PROBLEM REQUIREMENTS |
The whole listing is to be retyped exactly as it appears.

MATERIAL SUPPLIED |
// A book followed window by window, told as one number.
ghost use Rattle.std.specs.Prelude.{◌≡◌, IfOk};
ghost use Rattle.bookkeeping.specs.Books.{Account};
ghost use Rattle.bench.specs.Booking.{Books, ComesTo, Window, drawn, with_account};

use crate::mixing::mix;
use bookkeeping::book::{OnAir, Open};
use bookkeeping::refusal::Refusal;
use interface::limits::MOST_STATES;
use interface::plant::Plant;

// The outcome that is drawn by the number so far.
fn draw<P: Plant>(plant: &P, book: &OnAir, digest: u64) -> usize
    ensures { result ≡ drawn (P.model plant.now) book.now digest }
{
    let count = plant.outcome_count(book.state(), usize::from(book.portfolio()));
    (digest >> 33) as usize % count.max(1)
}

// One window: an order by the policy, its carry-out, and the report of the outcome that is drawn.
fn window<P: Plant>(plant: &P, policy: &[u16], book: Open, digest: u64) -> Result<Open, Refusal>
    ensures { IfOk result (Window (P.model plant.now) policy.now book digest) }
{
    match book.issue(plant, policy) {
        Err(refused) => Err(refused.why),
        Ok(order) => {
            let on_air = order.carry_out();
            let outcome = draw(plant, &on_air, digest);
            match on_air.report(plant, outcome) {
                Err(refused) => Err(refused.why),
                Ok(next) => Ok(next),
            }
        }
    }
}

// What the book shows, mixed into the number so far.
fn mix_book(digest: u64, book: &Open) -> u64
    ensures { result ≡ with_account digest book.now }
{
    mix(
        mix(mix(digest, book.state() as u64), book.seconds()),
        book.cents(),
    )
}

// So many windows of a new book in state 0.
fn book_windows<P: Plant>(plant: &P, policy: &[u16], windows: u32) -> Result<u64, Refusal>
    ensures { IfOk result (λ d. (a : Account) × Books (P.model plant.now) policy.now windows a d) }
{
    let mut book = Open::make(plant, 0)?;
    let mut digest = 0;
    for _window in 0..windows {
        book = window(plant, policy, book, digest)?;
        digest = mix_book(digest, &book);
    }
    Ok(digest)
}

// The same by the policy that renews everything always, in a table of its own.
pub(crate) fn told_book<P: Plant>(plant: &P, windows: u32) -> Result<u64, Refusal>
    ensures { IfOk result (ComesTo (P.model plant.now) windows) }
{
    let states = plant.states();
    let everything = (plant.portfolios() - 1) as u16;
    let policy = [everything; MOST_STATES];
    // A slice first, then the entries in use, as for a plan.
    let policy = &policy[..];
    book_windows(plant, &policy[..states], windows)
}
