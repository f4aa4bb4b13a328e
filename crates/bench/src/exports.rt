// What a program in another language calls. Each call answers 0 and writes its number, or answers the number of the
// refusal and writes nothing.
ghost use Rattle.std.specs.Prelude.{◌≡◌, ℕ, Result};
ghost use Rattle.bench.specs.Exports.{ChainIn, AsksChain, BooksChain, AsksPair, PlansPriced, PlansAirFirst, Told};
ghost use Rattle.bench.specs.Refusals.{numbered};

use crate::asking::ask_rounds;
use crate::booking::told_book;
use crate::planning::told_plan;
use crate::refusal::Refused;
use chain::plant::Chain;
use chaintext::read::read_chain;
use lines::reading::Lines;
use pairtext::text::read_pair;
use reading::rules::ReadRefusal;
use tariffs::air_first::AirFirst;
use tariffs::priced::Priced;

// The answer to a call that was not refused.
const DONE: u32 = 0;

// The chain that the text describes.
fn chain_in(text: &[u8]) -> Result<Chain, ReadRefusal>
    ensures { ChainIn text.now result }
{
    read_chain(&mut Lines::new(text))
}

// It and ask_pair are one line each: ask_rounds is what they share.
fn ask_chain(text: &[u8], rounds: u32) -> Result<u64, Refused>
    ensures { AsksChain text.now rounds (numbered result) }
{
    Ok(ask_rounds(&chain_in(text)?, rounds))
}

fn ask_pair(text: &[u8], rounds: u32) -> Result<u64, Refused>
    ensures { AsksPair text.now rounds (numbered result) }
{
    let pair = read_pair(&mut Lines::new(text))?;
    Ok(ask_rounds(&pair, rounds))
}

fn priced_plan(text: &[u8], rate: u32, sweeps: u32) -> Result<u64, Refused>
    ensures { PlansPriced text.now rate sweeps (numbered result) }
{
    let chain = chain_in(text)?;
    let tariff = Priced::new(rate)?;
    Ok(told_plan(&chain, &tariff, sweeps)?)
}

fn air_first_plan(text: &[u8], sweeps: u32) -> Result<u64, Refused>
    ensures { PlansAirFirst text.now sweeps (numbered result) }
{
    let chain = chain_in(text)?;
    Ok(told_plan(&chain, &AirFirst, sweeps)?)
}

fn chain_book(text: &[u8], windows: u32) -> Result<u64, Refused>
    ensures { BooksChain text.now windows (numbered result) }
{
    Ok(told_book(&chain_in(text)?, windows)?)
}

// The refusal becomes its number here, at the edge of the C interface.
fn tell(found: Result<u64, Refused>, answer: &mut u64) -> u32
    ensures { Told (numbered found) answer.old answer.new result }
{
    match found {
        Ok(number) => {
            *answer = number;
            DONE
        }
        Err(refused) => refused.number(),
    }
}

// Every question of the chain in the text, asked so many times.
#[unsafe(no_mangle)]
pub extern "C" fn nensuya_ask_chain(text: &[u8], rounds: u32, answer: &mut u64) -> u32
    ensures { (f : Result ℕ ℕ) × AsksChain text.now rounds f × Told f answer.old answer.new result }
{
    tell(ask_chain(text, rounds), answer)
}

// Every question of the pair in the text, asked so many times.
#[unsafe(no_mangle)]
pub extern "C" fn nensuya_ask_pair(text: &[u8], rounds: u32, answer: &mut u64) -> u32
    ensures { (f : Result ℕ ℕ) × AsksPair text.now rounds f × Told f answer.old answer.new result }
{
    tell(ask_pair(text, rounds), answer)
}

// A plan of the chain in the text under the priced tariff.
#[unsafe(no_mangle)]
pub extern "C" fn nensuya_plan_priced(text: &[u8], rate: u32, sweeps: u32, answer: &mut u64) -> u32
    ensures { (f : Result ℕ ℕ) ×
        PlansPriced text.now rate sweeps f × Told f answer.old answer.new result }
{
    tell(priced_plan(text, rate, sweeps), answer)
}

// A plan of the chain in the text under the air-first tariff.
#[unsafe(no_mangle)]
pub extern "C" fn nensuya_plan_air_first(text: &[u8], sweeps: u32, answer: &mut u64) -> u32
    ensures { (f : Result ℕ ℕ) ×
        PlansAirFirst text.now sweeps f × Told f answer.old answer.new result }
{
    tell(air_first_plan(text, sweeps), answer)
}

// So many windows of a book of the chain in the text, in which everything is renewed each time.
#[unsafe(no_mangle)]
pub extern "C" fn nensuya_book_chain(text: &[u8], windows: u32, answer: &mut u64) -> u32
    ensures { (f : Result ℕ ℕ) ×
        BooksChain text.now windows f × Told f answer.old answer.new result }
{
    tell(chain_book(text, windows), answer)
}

YOUR RESPONSE |
// A book followed window by window, told as one number.
ghost use Rattle.std.specs.Prelude.{◌≡◌, IfOk};
ghost use Rattle.bookkeeping.specs.Books.{Account};
ghost use Rattle.bench.specs.Booking.{Books, ComesTo, Window, drawn, with_account};

use crate::mixing::mix;
use bookkeeping::book::{OnAir, Open};
use bookkeeping::refusal::Refusal;
use interface::limits::MOST_STATES;
use interface::plant::Plant;

// The outcome that is drawn by the number so far.
fn draw<P: Plant>(plant: &P, book: &OnAir, digest: u64) -> usize
    ensures { result ≡ drawn (P.model plant.now) book.now digest }
{
    let count = plant.outcome_count(book.state(), usize::from(book.portfolio()));
    (digest >> 33) as usize % count.max(1)
}

// One window: an order by the policy, its carry-out, and the report of the outcome that is drawn.
fn window<P: Plant>(plant: &P, policy: &[u16], book: Open, digest: u64) -> Result<Open, Refusal>
    ensures { IfOk result (Window (P.model plant.now) policy.now book digest) }
{
    match book.issue(plant, policy) {
        Err(refused) => Err(refused.why),
        Ok(order) => {
            let on_air = order.carry_out();
            let outcome = draw(plant, &on_air, digest);
            match on_air.report(plant, outcome) {
                Err(refused) => Err(refused.why),
                Ok(next) => Ok(next),
            }
        }
    }
}

// What the book shows, mixed into the number so far.
fn mix_book(digest: u64, book: &Open) -> u64
    ensures { result ≡ with_account digest book.now }
{
    mix(
        mix(mix(digest, book.state() as u64), book.seconds()),
        book.cents(),
    )
}

// So many windows of a new book in state 0.
fn book_windows<P: Plant>(plant: &P, policy: &[u16], windows: u32) -> Result<u64, Refusal>
    ensures { IfOk result (λ d. (a : Account) × Books (P.model plant.now) policy.now windows a d) }
{
    let mut book = Open::make(plant, 0)?;
    let mut digest = 0;
    for _window in 0..windows {
        book = window(plant, policy, book, digest)?;
        digest = mix_book(digest, &book);
    }
    Ok(digest)
}

// The same by the policy that renews everything always, in a table of its own.
pub(crate) fn told_book<P: Plant>(plant: &P, windows: u32) -> Result<u64, Refusal>
    ensures { IfOk result (ComesTo (P.model plant.now) windows) }
{
    let states = plant.states();
    let everything = (plant.portfolios() - 1) as u16;
    let policy = [everything; MOST_STATES];
    // A slice first, then the entries in use, as for a plan.
    let policy = &policy[..];
    book_windows(plant, &policy[..states], windows)
}
repository f4aa4bb4b13a328e
filename crates/bench/src/exports.rt
// What a program in another language calls. Each call answers 0 and writes its number, or answers the number of the
// refusal and writes nothing.
ghost use Rattle.std.specs.Prelude.{◌≡◌, ℕ, Result};
ghost use Rattle.bench.specs.Exports.{ChainIn, AsksChain, BooksChain, AsksPair, PlansPriced, PlansAirFirst, Told};
ghost use Rattle.bench.specs.Refusals.{numbered};

use crate::asking::ask_rounds;
use crate::booking::told_book;
use crate::planning::told_plan;
use crate::refusal::Refused;
use chain::plant::Chain;
use chaintext::read::read_chain;
use lines::reading::Lines;
use pairtext::text::read_pair;
use reading::rules::ReadRefusal;
use tariffs::air_first::AirFirst;
use tariffs::priced::Priced;

// The answer to a call that was not refused.
const DONE: u32 = 0;

// The chain that the text describes.
fn chain_in(text: &[u8]) -> Result<Chain, ReadRefusal>
    ensures { ChainIn text.now result }
{
    read_chain(&mut Lines::new(text))
}

// It and ask_pair are one line each: ask_rounds is what they share.
fn ask_chain(text: &[u8], rounds: u32) -> Result<u64, Refused>
    ensures { AsksChain text.now rounds (numbered result) }
{
    Ok(ask_rounds(&chain_in(text)?, rounds))
}

fn ask_pair(text: &[u8], rounds: u32) -> Result<u64, Refused>
    ensures { AsksPair text.now rounds (numbered result) }
{
    let pair = read_pair(&mut Lines::new(text))?;
    Ok(ask_rounds(&pair, rounds))
}

fn priced_plan(text: &[u8], rate: u32, sweeps: u32) -> Result<u64, Refused>
    ensures { PlansPriced text.now rate sweeps (numbered result) }
{
    let chain = chain_in(text)?;
    let tariff = Priced::new(rate)?;
    Ok(told_plan(&chain, &tariff, sweeps)?)
}

fn air_first_plan(text: &[u8], sweeps: u32) -> Result<u64, Refused>
    ensures { PlansAirFirst text.now sweeps (numbered result) }
{
    let chain = chain_in(text)?;
    Ok(told_plan(&chain, &AirFirst, sweeps)?)
}

fn chain_book(text: &[u8], windows: u32) -> Result<u64, Refused>
    ensures { BooksChain text.now windows (numbered result) }
{
    Ok(told_book(&chain_in(text)?, windows)?)
}

// The refusal becomes its number here, at the edge of the C interface.
fn tell(found: Result<u64, Refused>, answer: &mut u64) -> u32
    ensures { Told (numbered found) answer.old answer.new result }
{
    match found {
        Ok(number) => {
            *answer = number;
            DONE
        }
        Err(refused) => refused.number(),
    }
}

// Every question of the chain in the text, asked so many times.
#[unsafe(no_mangle)]
pub extern "C" fn nensuya_ask_chain(text: &[u8], rounds: u32, answer: &mut u64) -> u32
    ensures { (f : Result ℕ ℕ) × AsksChain text.now rounds f × Told f answer.old answer.new result }
{
    tell(ask_chain(text, rounds), answer)
}

// Every question of the pair in the text, asked so many times.
#[unsafe(no_mangle)]
pub extern "C" fn nensuya_ask_pair(text: &[u8], rounds: u32, answer: &mut u64) -> u32
    ensures { (f : Result ℕ ℕ) × AsksPair text.now rounds f × Told f answer.old answer.new result }
{
    tell(ask_pair(text, rounds), answer)
}

// A plan of the chain in the text under the priced tariff.
#[unsafe(no_mangle)]
pub extern "C" fn nensuya_plan_priced(text: &[u8], rate: u32, sweeps: u32, answer: &mut u64) -> u32
    ensures { (f : Result ℕ ℕ) ×
        PlansPriced text.now rate sweeps f × Told f answer.old answer.new result }
{
    tell(priced_plan(text, rate, sweeps), answer)
}

// A plan of the chain in the text under the air-first tariff.
#[unsafe(no_mangle)]
pub extern "C" fn nensuya_plan_air_first(text: &[u8], sweeps: u32, answer: &mut u64) -> u32
    ensures { (f : Result ℕ ℕ) ×
        PlansAirFirst text.now sweeps f × Told f answer.old answer.new result }
{
    tell(air_first_plan(text, sweeps), answer)
}

// So many windows of a book of the chain in the text, in which everything is renewed each time.
#[unsafe(no_mangle)]
pub extern "C" fn nensuya_book_chain(text: &[u8], windows: u32, answer: &mut u64) -> u32
    ensures { (f : Result ℕ ℕ) ×
        BooksChain text.now windows f × Told f answer.old answer.new result }
{
    tell(chain_book(text, windows), answer)
}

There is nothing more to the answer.